» **Instructions for the task**:
Copy each line of the listing where the word "MemLane" can be found.
....
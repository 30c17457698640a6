ghost use Rattle.std.specs.Prelude.{◌≡◌, ◌++◌, ◌∷◌, [], length, false, OnOk, OnErr};
ghost use Rattle.mlir_meaning.specs.Points.{has, place_of};

use mlir_base::Memory;
use std::alloc::Global;
use std::collections::HashMap;
use std::marker::Model;

/// Distinct numbers, in the order in which they came first.
#[derive(Drop)]
pub struct FirstUses {
    order: Vec<u32>,
    places: HashMap<u32, usize>,
}

impl Model for FirstUses {
    ghost use Rattle.std.specs.Prelude.{◌≡◌, ℕ, List, nat_eq};
    ghost use Rattle.std.specs.HashMap.{get};
    ghost use Rattle.payload_forms.specs.Places.{place_from};

    ghost Value = { List ℕ };

    ghost view = { λ s. s.order.items };

    ghost invariant = { λ s. (n : ℕ) → get nat_eq s.places n ≡ place_from 0 s.order.items n };
}

impl FirstUses {
    pub fn new(alloc: Global) -> FirstUses
        ensures { result ≡ [] }
    {
        FirstUses {
            order: Vec::new(alloc),
            places: HashMap::new(alloc),
        }
    }

    pub fn as_slice(&self) -> &[u32]
        ensures { result.now ≡ self.now }
    {
        self.order.as_slice()
    }

    pub fn len(&self) -> usize
        ensures { result ≡ length self.now }
    {
        self.order.len()
    }

    pub fn has(&self, n: u32) -> bool
        ensures { result ≡ has self.now n }
    {
        self.places.contains_key(&n)
    }

    /// The place of the number, and the length where it isn't there.
    pub fn place_of(&self, n: u32) -> usize
        ensures { result ≡ place_of n 0 self.now }
    {
        match self.places.get(&n) {
            Some(at) => *at,
            None => self.order.len(),
        }
    }

    /// Adds a new number last. Where memory runs out, all stays as it was.
    pub fn add(&mut self, n: u32) -> Result<(), Memory>
        requires { has self.old n ≡ false }
        ensures ok { OnOk result (self.new ≡ self.old ++ n ∷ []) }
        ensures err { OnErr result (self.new ≡ self.old) }
    {
        let at = self.order.len();
        self.order.push(n)?;
        match self.places.insert(n, at) {
            Ok(_) => Ok(()),
            Err(_) => {
                self.order.pop();
                Err(Memory)
            }
        }
    }
}
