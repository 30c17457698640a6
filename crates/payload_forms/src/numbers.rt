ghost use Rattle.std.specs.Prelude.{◌≡◌, ◌+◌, ◌<◌, ◌^◌, IfOk};
ghost use Rattle.payload_forms.specs.Moved.{number_at};

use mlir_base::Memory;

/// The number as one of a step. `Memory` where there can't be so many steps.
pub(crate) fn number(n: u64) -> Result<u32, Memory>
    ensures value { IfOk result (λ m. m ≡ n) }
    ensures small { IfOk result (λ _. n < 2 ^ 32) }
{
    if n > u32::MAX as u64 {
        return Err(Memory);
    }
    Ok(n as u32)
}

pub(crate) fn plus(a: u64, b: u64) -> Result<u64, Memory>
    ensures { IfOk result (λ sum. sum ≡ a + b) }
{
    match a.checked_add(b) {
        Some(sum) => Ok(sum),
        None => Err(Memory),
    }
}

/// The new number of step `i`.
pub(crate) fn number_at(numbers: &[u32], i: usize) -> u32
    ensures { result ≡ number_at numbers.now i }
{
    if i < numbers.len() { numbers[i] } else { 0 }
}
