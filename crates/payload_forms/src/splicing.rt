ghost use Rattle.std.specs.Prelude.{◌≡◌, ◌<◌, ◌++◌, length, IfOk, OnOk};
ghost use Rattle.payload_forms.specs.Joined.{spliced};

use mlir_base::{List, Memory};
use std::alloc::Global;

fn push_all<T: Copy + Drop>(all: &mut List<T>, items: &[T]) -> Result<(), Memory>
    ensures { OnOk result (all.new ≡ all.old ++ items.now) }
{
    for item in items {
        all.push(*item)?;
    }
    Ok(())
}

fn copied<T: Copy + Drop>(alloc: Global, items: &[T]) -> Result<List<T>, Memory>
    ensures { IfOk result (λ l. l ≡ items.now) }
{
    let mut all = List::new(alloc);
    push_all(&mut all, items)?;
    Ok(all)
}

fn spliced_at<T: Copy + Drop>(
    alloc: Global,
    at: usize,
    others: &[T],
    items: &[T],
) -> Result<List<T>, Memory>
    requires { at < length items.now }
    ensures { IfOk result (λ l. l ≡ spliced at others.now items.now) }
{
    let mut all = List::new(alloc);
    push_all(&mut all, &items[..at])?;
    push_all(&mut all, others)?;
    push_all(&mut all, &items[at + 1..])?;
    Ok(all)
}

/// The items, with others in the place of item `at`. They stay as they are where there is no such item.
pub fn spliced<T: Copy + Drop>(
    alloc: Global,
    at: u32,
    others: &[T],
    items: &[T],
) -> Result<List<T>, Memory>
    ensures { IfOk result (λ l. l ≡ spliced at others.now items.now) }
{
    let at = at as usize;
    if at < items.len() {
        spliced_at(alloc, at, others, items)
    } else {
        copied(alloc, items)
    }
}
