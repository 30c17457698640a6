//! Payloads that are formed from payloads.
//!
//! - `joined` is the payload of a producer and a consumer: the producer's steps first, its `linalg.index` as an
//!   `affine.apply`, and a step for each captured value of both in front.
//! - `placed` has each captured value that is used once, right before its first use.
//! - `join` gives the parts of the first, of which `placed` makes the second.
//!
//! `specs/Moved.antt` defines steps that stand in other places, `specs/Joined.antt` the joined payload, and
//! `specs/Captured.antt` where captured values have their steps. `specs/Fit.antt` says when there is a payload, and
//! `specs/Names.antt` what the code's tables say.
#![tactic(auto)]

mod first_uses;
mod joining;
mod moving;
mod numbers;
mod placing;
mod renaming;
mod splicing;

pub use first_uses::FirstUses;
pub use joining::{InFront, Joining, join, joined};
pub use placing::{PlacedPayload, placed};
pub use splicing::spliced;
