impl Host for MemHost {
    type Lane = MemLane;

    type Log = MemLog;

    type Source = MemSource;

    ghost contents = { λ h. Some (segments_at h.files.items) };

    ghost failed_writes = { λ h. marks_at h.files.items };

    ghost open_at = { open_now };

    ghost room = { λ h. room_at h.files.items };

    ghost logs = { λ h. Some (logs_at h.logs.files.items) };

    ghost log_at = { λ h. opened_path h.logs };

    ghost read_faults = { λ h. h.read_faults.count };

    ghost write_faults = { λ h. h.write_faults.count };

    ghost log_faults = { λ h. h.logs.faults.count };

    fn relation(
        &mut self,
        alloc: Global,
        path: &str,
        seg_blocks: u32,
        lanes: u32,
    ) -> Result<Opened<MemLane>, HostError>
        requires seg_blocks { 1 ≤ seg_blocks }
        requires lanes { 1 ≤ lanes }
        ensures opened { IfOk result (IsOpened
            (λ lane. Some (pages_of lane)) marks_of unsynced_of lane_room
            (λ lane. lane.read_faults.count) (λ lane. lane.write_faults.count)
            (Some (segments_at self.old.files.items))
            (room_at self.old.files.items path.now seg_blocks)
            path.now (fork_of path.now) seg_blocks lanes) }
        ensures missing { IsErrOf result HostError.Missing
            → segments_at self.old.files.items path.now ≡ [] }
        ensures contents { Some (segments_at self.new.files.items)
            ≡ Some (segments_at self.old.files.items) }
        ensures failed { MatchResult result (λ _. marks_at self.new.files.items
            ≡ cleared path.now (marks_at self.old.files.items))
            (λ _. marks_at self.new.files.items ≡ marks_at self.old.files.items) }
        ensures open_at { MatchResult result (λ _. open_now self.new
            ≡ record { path = path.now; seg_blocks = seg_blocks })
            (λ _. open_now self.new ≡ open_now self.old) }
        ensures room { room_at self.new.files.items ≡ room_at self.old.files.items }
        ensures reads { HasOpeningCause self.old.read_faults.count self.new.read_faults.count
            result }
        ensures counted { CountsOneOpening self.old.read_faults.count self.new.read_faults.count
            result }
        ensures writes { self.new.write_faults ≡ self.old.write_faults }
        ensures logs { self.new.logs ≡ self.old.logs }
        ensures fault { IsErrOf result HostError.Failed
            ↔ (fails_next (openings_of self.old) ≡ true) }
        ensures openings { openings_of self.new ≡ after_call (openings_of self.old) }
        ensures lanes { lanes_of self.new ≡ lanes_of self.old }
        ensures plan { IfOk result (λ opened.
            All (λ lane. plan_of lane ≡ fresh_lane_plan (lanes_of self.old)) opened.lanes.items) }
        ensures rooms { IfOk result (λ opened. map lane_room opened.lanes.items
            ≡ rooms_dealt (fork_of path.now)
            (max (room_at self.old.files.items path.now seg_blocks) opened.blocks) lanes) }
    {
        if self.openings.fails() {
            self.read_faults.raise();
            return Err(HostError::Failed);
        }
        let Ok(open_path) = String::from_str(alloc, path) else {
            return Err(HostError::Memory);
        };
        let opened = self.open(alloc, path, seg_blocks, lanes)?;
        self.open_path = open_path;
        self.open_seg_blocks = seg_blocks;
        self.forget(path);
        Ok(opened)
    }

    /// Fails if the plan says so.
    fn log(&mut self, alloc: Global, path: &str) -> Result<MemLog, LogOpen>
        ensures opened { IfOk result (IsOpenedLog (λ l. Some (as_stored l).bytes)
            (λ l. (as_stored l).synced) (λ l. l.faults.count)
            (Some (logs_at self.old.logs.files.items))) }
        ensures room { IfOk result (λ log. room_of log ≡ self.old.logs.room) }
        ensures appends { IfOk result (λ log. appends_of log
            ≡ fresh_plan self.old.logs.calls.appends) }
        ensures syncs { IfOk result (λ log. syncs_of log ≡ fresh_plan self.old.logs.calls.syncs) }
        ensures logs { MatchResult result (λ _. Some (logs_at self.new.logs.files.items)
            ≡ Some (with_log path.now empty_log (logs_at self.old.logs.files.items)))
            (λ _. Some (logs_at self.new.logs.files.items)
            ≡ Some (logs_at self.old.logs.files.items)) }
        ensures log_at { MatchResult result (λ _. opened_path self.new.logs ≡ path.now)
            (λ _. opened_path self.new.logs ≡ opened_path self.old.logs) }
        ensures fault { IsErrOf result LogOpen.Failed ↔ (fails_next self.old.logs.openings ≡ true) }
        ensures openings { self.new.logs.openings ≡ after_call self.old.logs.openings }
        ensures log_faults { HasLogCause self.old.logs.faults.count self.new.logs.faults.count
            result }
        ensures counted { CountsOneLogOpening self.old.logs.faults.count self.new.logs.faults.count
            result }
        ensures log_room { self.new.logs.room ≡ self.old.logs.room }
        ensures log_calls { self.new.logs.calls ≡ self.old.logs.calls }
        ensures same { self.new ≡ record self.old { logs = self.new.logs } }
    {
        self.logs.open(alloc, path)
    }

    /// Fails if the plan says so.
    fn bytes(&mut self, alloc: Global, path: &str) -> Result<MemSource, HostError>
        ensures opened { IfOk result (IsOpenedSource (λ s. Some (left_of s)) (λ s. s.faults.count)
            (Some (logs_at self.old.logs.files.items)) path.now) }
        ensures calls { IfOk result (λ source. source.calls
            ≡ fresh_plan self.old.logs.sources.calls) }
        ensures most { IfOk result (λ source. source.most ≡ self.old.logs.sources.most) }
        ensures missing { IsErrOf result HostError.Missing
            → logs_at self.old.logs.files.items path.now ≡ None }
        ensures fault { IsErrOf result HostError.Failed
            ↔ (fails_next self.old.logs.sources.openings ≡ true) }
        ensures openings { self.new.logs.sources.openings
            ≡ after_call self.old.logs.sources.openings }
        ensures plan { self.new.logs.sources.calls ≡ self.old.logs.sources.calls }
        ensures most_stays { self.new.logs.sources.most ≡ self.old.logs.sources.most }
        ensures log_files { self.new.logs ≡ record self.old.logs
            { sources = self.new.logs.sources } }
        ensures reads { HasOpeningCause self.old.read_faults.count self.new.read_faults.count
            result }
        ensures counted { CountsOneOpening self.old.read_faults.count self.new.read_faults.count
            result }
        ensures same { self.new ≡ record self.old {
          logs = self.new.logs;
          read_faults = self.new.read_faults;
        } }
    {
        let opened = self.logs.source(alloc, path);
        if let Err(HostError::Failed) = opened {
            self.read_faults.raise();
        }
        opened
    }

    fn give_back(&mut self, lanes: Vec<MemLane>, log: Option<MemLog>, source: Option<MemSource>)
        ensures contents { Some (segments_at self.new.files.items) ≡ Some (
            paths_given (room_at self.old.files.items) (open_now self.old) source
            (map (λ lane. Some (pages_of lane)) lanes.items) (segments_at self.old.files.items)) }
        ensures failed { segments_at self.old.files.items (string_bytes self.old.open_path) ≢ []
            → marks_at self.new.files.items ≡ marks_after (open_now self.old)
            (map marks_of lanes.items) (marks_at self.old.files.items) }
        ensures open_at { open_now self.new ≡ open_now self.old }
        ensures room { room_at self.new.files.items ≡ room_at self.old.files.items }
        ensures openings { openings_of self.new ≡ openings_of self.old }
        ensures lanes { lanes_of self.new ≡ lanes_of self.old }
        ensures logs { logs_at self.new.logs.files.items
            ≡ logs_after (opened_path self.old.logs) (option_map as_stored log)
            (logs_at self.old.logs.files.items) }
        ensures log_faults { Added self.old.logs.faults.count
            (option_map_or (λ l. l.faults.count) log 0) self.new.logs.faults.count }
        ensures log_at { opened_path self.new.logs ≡ opened_path self.old.logs }
        ensures log_openings { self.new.logs.openings ≡ self.old.logs.openings }
        ensures log_calls { self.new.logs.calls ≡ self.old.logs.calls }
        ensures log_room { self.new.logs.room ≡ self.old.logs.room }
        ensures sources { self.new.logs.sources ≡ self.old.logs.sources }
        ensures reads { Added self.old.read_faults.count
            (sum_by (λ lane. lane.read_faults.count) lanes.items
            + option_map_or (λ s. s.faults.count) source 0) self.new.read_faults.count }
        ensures writes { Added self.old.write_faults.count
            (sum_by (λ lane. lane.write_faults.count) lanes.items) self.new.write_faults.count }
    {
        count_reads(&mut self.read_faults, &lanes);
        count_source(&mut self.read_faults, &source);
        count_writes(&mut self.write_faults, &lanes);
        self.grow(&source, &lanes);
        self.take_lanes(lanes);
        if let Some(log) = log {
            self.logs.take_back(log);
        }
    }

    ghost read_faults_fit = { λ h. h.read_faults.fits };

    ghost write_faults_fit = { λ h. h.write_faults.fits };

    ghost log_faults_fit = { λ h. h.logs.faults.fits };

    ghost logs_told = { λ h log. refl };

    ghost sources_told = { λ h source. refl };
}
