//! A session.
ghost use Rattle.std.specs.Prelude.{◌≡◌, [], OnOk, OnErr, nat_eq};
ghost use Rattle.std.specs.List.{list_any};
ghost use Rattle.rina_session.specs.declared.session.State.TheVariants.{Idle};
ghost use Rattle.rina_session.specs.Sessions.{may_send, may_get, state_after, sent_waiting, got_waiting, is_unknown};

use indexmap::IndexSet;
use rina_cdap::{Message, operation};
use std::alloc::{AllocError, AllocFailed, Global};
use std::marker::Model;

/// How far two are connected.
#[derive(Clone, Copy, Debug, PartialEq, Eq)]
pub enum State {
    /// No connection was asked for, or the last one is over.
    Idle,
    /// Connect was sent, and its response was not got.
    Calling,
    /// Connect was got, and its response was not sent.
    Called,
    Connected,
}

/// Why a message may not be sent or got. They are tried in this order.
#[derive(Clone, Copy, Debug, PartialEq, Eq)]
pub enum SessionError {
    /// An allocation failed.
    Memory,
    /// No such message may come in this state.
    WrongState { state: State },
    /// A response was got to a request that does not wait.
    UnknownInvoke { id: u32 },
}

/// One end of a connection. A contract sees its state, and the ids of the requests that wait for their responses,
/// the oldest first. A request waits from when it was sent, where its id is not 0, until its response is got.
#[derive(Drop)]
pub struct Session {
    state: State,
    waiting: IndexSet<u32>,
}

impl Model for Session {
    ghost use Rattle.rina_session.specs.Sessions.{Talk};

    ghost Value = { Talk };

    ghost view = { λ s. record { state = s.state; waiting = s.waiting.keys } };
}

/// Whether a message may be sent in a state.
#[tactic(auto, unfolding(crate::specs::Sessions::may_send))]
fn is_sendable(state: State, op: u8) -> bool
    ensures { result ≡ may_send state op }
{
    if op == operation::CONNECT {
        matches!(state, State::Idle)
    } else if op == operation::CONNECT + 1 {
        matches!(state, State::Called)
    } else {
        matches!(state, State::Connected)
    }
}

/// Whether a message may be got in a state.
#[tactic(auto, unfolding(crate::specs::Sessions::may_get))]
fn is_gettable(state: State, op: u8) -> bool
    ensures { result ≡ may_get state op }
{
    if op == operation::CONNECT {
        matches!(state, State::Idle)
    } else if op == operation::CONNECT + 1 {
        matches!(state, State::Calling)
    } else {
        matches!(state, State::Connected)
    }
}

/// The state after a message, where connect leads to `calls`.
#[tactic(auto, unfolding(crate::specs::Sessions::state_after))]
fn next_state(calls: State, state: State, op: u8, outcome: Option<u8>) -> State
    ensures { result ≡ state_after calls state op outcome }
{
    if op == operation::CONNECT {
        calls
    } else if op == operation::CONNECT + 1 {
        match outcome {
            Some(0) => State::Connected,
            _ => State::Idle,
        }
    } else if op == operation::RELEASE {
        State::Idle
    } else {
        state
    }
}

/// Lets the request of a sent message wait, where it wants a response.
#[tactic(auto, unfolding(crate::specs::Sessions::sent_waiting))]
fn wait(waiting: &mut IndexSet<u32>, m: &Message) -> Result<(), AllocFailed<u32>>
    ensures ok { OnOk result (waiting.new.keys ≡ sent_waiting waiting.old.keys m.now.operation m.now.invoke) }
    ensures err { OnErr result (waiting.new.keys ≡ waiting.old.keys) }
{
    if m.is_response() || m.invoke == 0 {
        return Ok(());
    }
    let _ = waiting.insert(m.invoke)?;
    Ok(())
}

/// Ends the wait of the request whose response was got.
#[tactic(auto, unfolding(crate::specs::Sessions::got_waiting))]
fn end_wait(waiting: &mut IndexSet<u32>, m: &Message)
    ensures { waiting.new.keys ≡ got_waiting waiting.old.keys m.now.operation m.now.invoke }
{
    if m.is_response() {
        let _ = waiting.shift_remove(&m.invoke);
    }
}

/// Whether a message is a response, other than connect's, whose request does not wait.
#[tactic(auto, unfolding(crate::specs::Sessions::is_unknown))]
fn has_no_request(waiting: &IndexSet<u32>, m: &Message) -> bool
    ensures { result ≡ is_unknown waiting.now.keys m.now.operation m.now.invoke }
{
    m.is_response() && m.operation != operation::CONNECT + 1 && !waiting.contains(&m.invoke)
}

impl Session {
    ghost use Rattle.std.specs.Prelude.{ℕ, IfErr, IfOk};
    ghost use Rattle.rina_session.specs.declared.session.SessionError.TheVariants.{Memory, UnknownInvoke};
    ghost use Rattle.rina_session.specs.Sessions.{sent, got, Steps};

    /// A session in state `Idle`.
    pub fn new(alloc: Global) -> Session
        ensures { result ≡ record { state = Idle; waiting = [] } }
    {
        Session {
            state: State::Idle,
            waiting: IndexSet::new(alloc),
        }
    }

    /// Records a message that is sent: connect in state `Idle`, its response in `Called`, any other in `Connected`. A
    /// release ends the connection at once. Fails with `WrongState` or `Memory`, and then changes nothing.
    #[tactic(auto, unfolding(crate::specs::Sessions::sent))]
    pub fn on_sent(&mut self, alloc: Global, m: &Message) -> Result<(), SessionError>
        ensures exact { Steps result self.old self.new (sent self.old m.now) }
        ensures known { IfErr result (λ e. (id : ℕ) → e ≡ UnknownInvoke id → ⊥) }
    {
        let _ = alloc;
        if !is_sendable(self.state, m.operation) {
            return Err(SessionError::WrongState { state: self.state });
        }
        if wait(&mut self.waiting, m).is_err() {
            return Err(SessionError::Memory);
        }
        self.state = next_state(State::Calling, self.state, m.operation, m.result);
        Ok(())
    }

    /// Records a message that was got: connect in state `Idle`, its response in `Calling`, any other in `Connected`. A
    /// release ends the connection at once. Fails with `WrongState` or `UnknownInvoke`, and then changes nothing. Takes
    /// no memory.
    #[tactic(auto, unfolding(crate::specs::Sessions::got))]
    pub fn on_got(&mut self, m: &Message) -> Result<(), SessionError>
        ensures exact { Steps result self.old self.new (got self.old m.now) }
        ensures sure { IfErr result (λ e. e ≡ Memory → ⊥) }
    {
        if !is_gettable(self.state, m.operation) {
            return Err(SessionError::WrongState { state: self.state });
        }
        if has_no_request(&self.waiting, m) {
            return Err(SessionError::UnknownInvoke { id: m.invoke });
        }
        end_wait(&mut self.waiting, m);
        self.state = next_state(State::Called, self.state, m.operation, m.result);
        Ok(())
    }

    /// A copy.
    pub fn copy(&self) -> Result<Session, AllocError>
        ensures { IfOk result (λ s. s ≡ self.now) }
    {
        let waiting = self.waiting.clone()?;
        Ok(Session {
            state: self.state,
            waiting,
        })
    }

    /// How far the two are connected.
    pub fn state(&self) -> State
        ensures { result ≡ self.now.state }
    {
        self.state
    }

    /// Whether the request of an id waits for its response.
    pub fn waits(&self, id: u32) -> bool
        ensures { result ≡ list_any (nat_eq id) self.now.waiting }
    {
        self.waiting.contains(&id)
    }
}
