//! CDAP sessions: which messages may be sent and got when, and the requests that wait for their responses.
#![tactic(auto)]

mod laws;
mod session;

pub use laws::what_was_said_tells_the_session;
pub use session::{Session, SessionError, State};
....
» **Solution to this exercise**:
    type Lane = MemLane;
    ) -> Result<Opened<MemLane>, HostError>
    fn give_back(&mut self, lanes: Vec<MemLane>, log: Option<MemLog>, source: Option<MemSource>)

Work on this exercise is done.